Dear preCICE community,

I have successfully coupled our in-house finite-volume CFD solver with preCICE. Last week, I migrated our adapter from preCICE 2.X to preCICE 3.X. Thanks to the clear documentation on the website, the transition was smooth and quick.

I am currently running the FSI3 test case from Turek, using CalculiX as the structural solver. Forces and displacements are exchanged, and the acceleration method employed is constant under-relaxation.

The FSI coupling performs well when using the serial-implicit scheme. The results are satisfactory, mapping-independent, and consistent across different time-discretization methods.

Encouraged by this, I switched to parallel-implicit coupling. However, with this scheme, the FSI coupling is not as smooth. Using an implicit time-discretization on the CFD solver side, the coupling remains stable, but the results are not smooth. When switching to an explicit time-discretization, the coupling diverges. I am currently investigating the cause of this behavior.

From the documentation, I identified two key differences between serial-implicit and parallel-implicit coupling:

  1. Data Exchange Timing:
  • In serial-implicit, the first participant uses the data from the previous iteration of the second participant to compute its solution for the current iteration. This updated solution is then sent to the second participant, which uses it to compute its own solution for the current iteration.
  • In parallel-implicit, both solvers update their solutions for the current iteration simultaneously, using only the data from the previous iteration.
  1. Acceleration Method Application:
  • In serial-implicit, acceleration is applied only to the coupling data exchanged from the second to the first participant.
  • In parallel-implicit, acceleration is applied to all coupling data in both directions.

Are there any other significant differences between these two coupling schemes that I should be aware of?

Thank you in advance for your insights!

Best regards,
Guillaume De Nayer

Hi Guillaume,

That’s a good summary.

For constant underrelaxation, parallel-implicit coupling brings no benefits as you need twice as many iterations as for serial-implicit coupling.
Only for quasi-Newton coupling, parallel-implicit brings a numerical benefit.

What exactly do you mean by “not smooth”?

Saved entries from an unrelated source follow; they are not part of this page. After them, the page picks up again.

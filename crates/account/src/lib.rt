// What two neighbouring currents, a time apart, add to either account: the charge of their mean.
#![tactic(auto)]

ghost use Rattle.std.specs.Prelude.{◌≡◌, ◌≤◌, ◌*◌, ◌/◌, nat_abs};
ghost use Rattle.rules.specs.Quantities.{ma_ms, sum as sum_of};
ghost use Rattle.rules.specs.Accounts.{flow, halved, positive_part, negative_part};

use rules::units::{Charge, Milliamperes, Milliseconds};

fn sum(earlier: Milliamperes, later: Milliamperes) -> i64
    ensures is { result ≡ (sum_of earlier later).0 }
    ensures small { nat_abs result ≤ 4_294_967_296 }
{
    i64::from(earlier.0) + i64::from(later.0)
}

fn half(magnitude: u64, elapsed: Milliseconds) -> Charge
    requires { magnitude ≤ 4_294_967_296 }
    ensures is { result ≡ ma_ms (magnitude * elapsed.0 / 2) }
    ensures small { result.0 ≤ 9_223_372_036_854_775_808 }
{
    Charge(magnitude * u64::from(elapsed.0) / 2)
}

// What of a sum has its sign: none of one below 0.
fn positive(sum: i64) -> u64
    requires { nat_abs sum ≤ 4_294_967_296 }
    ensures is { result ≡ positive_part sum }
    ensures small { result ≤ 4_294_967_296 }
{
    sum.max(0) as u64
}

// Of currents that charge on the whole. The bound is for the account that it joins.
// Kept: the bound stands in both clauses: it is for the sum that the account makes of it, and any account is a `Charge`.
// Kept: two currents and a time, not a struct: the sum takes two of the three.
pub fn inflow(earlier: Milliamperes, later: Milliamperes, elapsed: Milliseconds) -> Charge
    ensures is { result ≡ ma_ms (positive_part (halved (flow earlier later elapsed))) }
    ensures small { result.0 ≤ 9_223_372_036_854_775_808 }
{
    half(positive(sum(earlier, later)), elapsed)
}

// Of currents that discharge on the whole: the magnitude is halved, so that it is rounded towards zero too.
pub fn outflow(earlier: Milliamperes, later: Milliamperes, elapsed: Milliseconds) -> Charge
    ensures is { result ≡ ma_ms (negative_part (halved (flow earlier later elapsed))) }
    ensures small { result.0 ≤ 9_223_372_036_854_775_808 }
{
    half(positive(-sum(earlier, later)), elapsed)
}
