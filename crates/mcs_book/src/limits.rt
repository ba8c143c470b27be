//! Laws about the size of a line, each the contract of a function that does nothing.
ghost use Rattle.std.specs.Prelude.{false, length, ◌≡◌, ◌≤◌};
ghost use Rattle.mcs_types.specs.Brings.{receives, IsPlain};
ghost use Rattle.mcs_types.specs.declared.id.CoreId.{CoreId};
ghost use Rattle.mcs_types.specs.declared.id.ObjId.{ObjId};
ghost use Rattle.mcs_types.specs.declared.entry.Entry.{Entry};
ghost use Rattle.mcs_book.specs.Logs.{Log};
ghost use Rattle.mcs_book.specs.Threads.{threads};
ghost use Rattle.mcs_book.specs.Table.{does};
ghost use Rattle.mcs_book.specs.History.{Book, IsLegal};
ghost use Rattle.mcs_book.specs.Each.{EachLine};
ghost use Rattle.mcs_book.specs.Limits.{threads_of, most_records, HasAtMost};

/// Law: an entry makes at most 32 records, and four more for each thread that exists, after any
/// log.
pub fn entry_short()
    ghost at: { Log × CoreId × ObjId × Entry }
    ensures { length (does at.0 at.1 at.2 at.3).records ≤ most_records (length (threads at.0)) }
{}

/// Law: no line of a legal book after the boot's has more than 32 records, and four more for each
/// thread of the boot.
pub fn lines_short()
    ghost book: { Book }
    requires { IsLegal book }
    ensures { EachLine (HasAtMost (most_records (threads_of book.boot.lines))) book }
{}

/// Law: the answer to an entry that does not receive has no message.
pub fn answered_plain()
    ghost at: { Log × CoreId × ObjId × Entry }
    requires { receives at.3 ≡ false }
    ensures { IsPlain (does at.0 at.1 at.2 at.3).answer }
{}
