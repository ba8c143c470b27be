//! The rule of a turn: which entry a user gives now, what a core may enter, and how a line advances
//! users (own). Machines that run lists of entries follow it, and so does the search through all
//! orders.
#![tactic(auto)]

mod answer_ref;
mod laws;
mod position;
mod program;
mod reached;

pub use answer_ref::{AnswerRef, Form};
pub use laws::{one_pick, one_turn, run_legal, run_long};
pub use position::{Pick, Position, Schedule};
pub use program::{Fill, Op, Saved, Settled, Slot, Source, Test, filled, goes_on, starts};
pub use reached::Reached;
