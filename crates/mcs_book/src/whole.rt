//! Laws of whole messages, each the contract of a function that does nothing.
ghost use Rattle.mcs_book.specs.History.{Book, IsLegal};
ghost use Rattle.mcs_book.specs.Each.{EachLine};
ghost use Rattle.mcs_book.specs.Fair.{IsWholeLine};

/// Law: each message of a legal book is whole: when sent, of the line's thread and entry and over
/// the capability that a path names; when taken, in the answer of the line's thread or in the mail
/// of another.
pub fn messages_whole()
    ghost book: { Book }
    requires { IsLegal book }
    ensures { EachLine IsWholeLine book }
{}
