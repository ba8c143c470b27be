//! The book: all lines, kept packed, with their records side by side.
ghost use Rattle.std.specs.Prelude.{ℕ, ◌≡◌, ◌<◌, ◌≤◌, ◌∷◌, ◌++◌, [], ◌+◌, ◌-◌, ◌^◌, take, drop, IsTrue, false, IfOk, OnOk, OnErr, max, reverse, length, slice_get, vec_len, vec_capacity};
ghost use Rattle.mcs_types.specs.declared.record.Rec.{Rec};
ghost use Rattle.mcs_packing.specs.Packing.{AllFit, Grew, HasRoom, records_of};
ghost use Rattle.mcs_packing.specs.Heads.{AllHeadsFit, all_entered};
ghost use Rattle.mcs_book.specs.History.{with_boot_line, with_line, line_of_number};
ghost use Rattle.mcs_book.specs.Pages.{EndsWithin, HasSpace, facts, line_head, lines_of, start_at};

use mcs_packing::{
    Arena, Head, KeptAnswer, KeptRecord, KeptStep, Lent, OverAddress, Packed, PackedAddress,
    PackedAnswer, PackedEntry,
};
use mcs_types::{Answer, Badge, BootLine, ObjId, OutOfMemory, Rec, SendMode, Step, copy_rows};
use std::alloc::Global;
use std::marker::Model;
use std::mem;

/// A line of the book: a thread's entry on a core, its answer and its records. It borrows the book
/// and allocates nothing.
#[derive(Drop)]
pub struct Line<'a> {
    head: &'a Head,
    packed: &'a [Packed],
    words: &'a [u64],
    wide: &'a [Rec],
}

impl<'a> Model for Line<'a> {
    ghost use Rattle.mcs_packing.specs.Packing.{AllFit, records_of};
    ghost use Rattle.mcs_packing.specs.Heads.{HeadFits, entered_of};
    ghost use Rattle.mcs_book.specs.History.{Line};

    ghost Value = { Line };

    ghost view = { λ l. record {
      step = (entered_of l.head.now l.words.now).step;
      answer = (entered_of l.head.now l.words.now).answer;
      records = records_of l.packed.now l.words.now l.wide.now;
    } };

    ghost invariant = { λ l. HeadFits l.head.now l.words.now
        × AllFit l.packed.now l.words.now l.wide.now };
}

impl<'a> Line<'a> {
    /// Returns the thread that entered, its core and the entry, in packed form.
    pub fn kept_step(&self) -> KeptStep<'_>
        ensures { result ≡ self.now.step }
    {
        KeptStep {
            core: self.head.core,
            kind: self.head.kind,
            serial: self.head.serial,
            entry: &self.head.entry,
            words: self.words,
        }
    }

    /// Returns the thread that entered, its core and the entry. A message of at most four words
    /// allocates nothing.
    pub fn step(&self, alloc: Global) -> Result<Step, OutOfMemory>
        ensures { IfOk result (λ s. s ≡ self.now.step) }
    {
        self.kept_step().unpack(alloc)
    }

    /// Returns the answer to the entry, in packed form.
    pub fn kept_answer(&self) -> KeptAnswer<'_>
        ensures { result ≡ self.now.answer }
    {
        KeptAnswer {
            form: self.head.answer,
            at: self.head.answer_at,
            words: self.words,
        }
    }

    /// Returns the answer to the entry. A message of at most four words allocates nothing.
    pub fn answer(&self, alloc: Global) -> Result<Answer, OutOfMemory>
        ensures { IfOk result (λ a. a ≡ self.now.answer) }
    {
        self.kept_answer().unpack(alloc)
    }

    /// Returns how many records the line has.
    pub fn record_count(&self) -> usize
        ensures { result ≡ length self.now.records }
    {
        self.packed.len()
    }

    /// Returns record `i` of the line in packed form, oldest first; None if there is none.
    pub fn kept_record(&self, i: usize) -> Option<KeptRecord<'_>>
        ensures { result ≡ slice_get self.now.records i }
    {
        record_at(self.packed, self.words, self.wide, i)
    }

    /// Returns record `i` of the line, oldest first; None if there is none. A message of at most
    /// four words allocates nothing.
    pub fn record(&self, alloc: Global, i: usize) -> Result<Option<Rec>, OutOfMemory>
        ensures { IfOk result (λ o. o ≡ slice_get self.now.records i) }
    {
        match self.kept_record(i) {
            None => Ok(None),
            Some(kept) => Ok(Some(kept.unpack(alloc)?)),
        }
    }
}

/// Returns record `i` in packed form; None if there is none.
fn record_at<'a>(
    packed: &'a [Packed],
    words: &'a [u64],
    wide: &'a [Rec],
    i: usize,
) -> Option<KeptRecord<'a>>
    requires { AllFit packed.now words.now wide.now }
    ensures { result ≡ slice_get (records_of packed.now words.now wide.now) i }
{
    match packed.get(i) {
        None => None,
        Some(one) => Some(KeptRecord {
            packed: one,
            words,
            wide,
        }),
    }
}

/// The boot, and a line for each accepted entry. All is packed: a head for each line, the records
/// of all lines side by side, and the words that they name. `sent` has the position of each
/// message's words. The packed records from `start` on are those of the open line; `room` is 0, or
/// one more than the records that it may still have. Besides, the lists have capacity for `ahead`
/// records, heads included. Two hints serve the open line's head: its words begin at `first`, and
/// those of its answer may be at `place`.
pub struct Book {
    cores: u8,
    boot: Vec<BootLine>,
    heads: Vec<Head>,
    packed: Vec<Packed>,
    arena: Arena,
    sent: Vec<u32>,
    start: usize,
    room: usize,
    ahead: usize,
    first: usize,
    place: u32,
}

// Written by hand as a separate function: a derived drop would be proved again wherever a book is
// dropped.
impl Drop for Book {
    fn drop(self) {
        let Book {
            cores: _,
            boot: _,
            heads: _,
            packed: _,
            arena: _,
            sent: _,
            start: _,
            room: _,
            ahead: _,
            first: _,
            place: _,
        } = self;
    }
}
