//! Laws about what entries do not change, each the contract of a function that does nothing.
ghost use Rattle.std.specs.Prelude.{false, ◌≡◌};
ghost use Rattle.mcs_types.specs.Changes.{changes_slots, makes_object};
ghost use Rattle.mcs_types.specs.declared.id.CoreId.{CoreId};
ghost use Rattle.mcs_types.specs.declared.id.ObjId.{ObjId};
ghost use Rattle.mcs_types.specs.declared.entry.Entry.{Entry};
ghost use Rattle.mcs_book.specs.Logs.{Log};
ghost use Rattle.mcs_book.specs.SlotRecords.{HasNone, is_making, is_of_slots};
ghost use Rattle.mcs_book.specs.Table.{does};

/// Law: an entry that does not change slots has no record of a slot, nor of an object made or
/// closed.
pub fn slots_stay()
    ghost at: { Log × CoreId × ObjId × Entry }
    requires { changes_slots at.3 ≡ false }
    ensures { HasNone is_of_slots (does at.0 at.1 at.2 at.3).records }
{}

/// Law: an entry that does not make an object has no record of one made.
pub fn none_made()
    ghost at: { Log × CoreId × ObjId × Entry }
    requires { makes_object at.3 ≡ false }
    ensures { HasNone is_making (does at.0 at.1 at.2 at.3).records }
{}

That explicit coupling diverges for FSI3 is the usual behavior in my experience.

In case you want to read more, I write about these things in Section 3 in my dissertation: https://mediatum.ub.tum.de/doc/1320661/document.pdf

Benjamin

Hi Benjamin,

Yes, explicit coupling cannot work with FSI3. This coupled problem is too challenging to solve without FSI subiterations.

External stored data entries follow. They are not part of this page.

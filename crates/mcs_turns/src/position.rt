//! The position of a user (own).
ghost use Rattle.std.specs.Prelude.{◌≡◌, ◌+◌, ◌<◌, ◌^◌, nat_lt};
ghost use Rattle.mcs_turns.specs.Due.{due_by, begun, moved_past, is_same, is_ahead};

use crate::program::Saved;
use mcs_types::{Answer, Status};

/// The position of a user: the number of its next entry, from 0, the number of its last one if that
/// waits, and the words that its program keeps.
#[derive(Clone, Copy, Drop)]
pub struct Position {
    pub next: usize,
    pub waited: Option<usize>,
    pub saved: Saved,
}

/// Which threads a core may pick, of those that may enter there (own).
#[derive(Clone, Copy, Drop)]
pub enum Schedule {
    /// The one of the greatest priority; among equals, of the lowest serial.
    Serial,
    /// Any of the greatest priority: what budgets that end in turn allow.
    Equal,
    /// Any: what budgets that end at any point allow.
    Any,
}

/// An entry that a core picked: the number of the user, from 0, and that of the entry in the user's
/// list, from 0.
#[derive(Clone, Copy, Drop, Default)]
pub struct Pick {
    pub user: usize,
    pub number: usize,
}

impl Position {
    /// Returns the position before the first entry.
    pub fn start() -> Position
        ensures { result ≡ begun }
    {
        Position {
            next: 0,
            waited: None,
            saved: Saved::none(),
        }
    }

    /// Returns the number of the entry that the user gives now, by the status of its thread: the
    /// last one again if it waited and was restarted, and else the next.
    pub fn due(&self, status: Option<Status>) -> usize
        ensures { result ≡ due_by status self.now }
    {
        match (status, self.waited) {
            (Some(Status::Restart), Some(last)) => last,
            _ => self.next,
        }
    }

    /// Returns whether one of `entries` entries is due.
    pub fn is_left(&self, status: Option<Status>, entries: usize) -> bool
        ensures { result ≡ nat_lt (due_by status self.now) entries }
    {
        self.due(status) < entries
    }

    /// Returns the position after entry `number`, which was accepted with this answer.
    pub fn past(number: usize, answer: &Answer) -> Position
        requires room { number + 1 < 2 ^ 64 }
        ensures { result ≡ moved_past number answer.now }
    {
        let next = number + 1;
        match answer {
            Answer::Waits => Position {
                next,
                waited: Some(number),
                saved: Saved::none(),
            },
            _ => Position {
                next,
                waited: None,
                saved: Saved::none(),
            },
        }
    }
}

impl Pick {
    /// Returns whether both are the same entry of the same user.
    pub fn is_same(self, other: Pick) -> bool
        ensures { result ≡ is_same self other }
    {
        self.user == other.user && self.number == other.number
    }

    /// Returns whether its user has the lower number, or the user is the same and its entry has the
    /// lower number.
    pub fn is_ahead(self, other: Pick) -> bool
        ensures { result ≡ is_ahead self other }
    {
        self.user < other.user || (self.user == other.user && self.number < other.number)
    }
}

Clarification on “Not Smooth”

  • With serial-implicit, the time evolution of the forces (lift and drag) is smooth, as expected.
  • With parallel-implicit, the forces exhibit non-physical numerical oscillations over time, which is why I described the results as “not smooth.”

These oscillations can be reduced by setting a lower relative-convergence-measure threshold. Typically:

  • With serial-implicit, a value of 10⁻⁵ is sufficient, and the results are stable.
  • With parallel-implicit, I need to set it to 10⁻⁶ to avoid numerical oscillations in the forces.

Best,
Guillaume

OK, I see. Yes, sth like this I also observed with underrelaxation. This problem should go away with quasi-Newton however :crossed_fingers:

The “non smooth” results issue I observed with the parallel-implicit scheme is solved. The checkpoints in my CFD solver were not correctly implemented.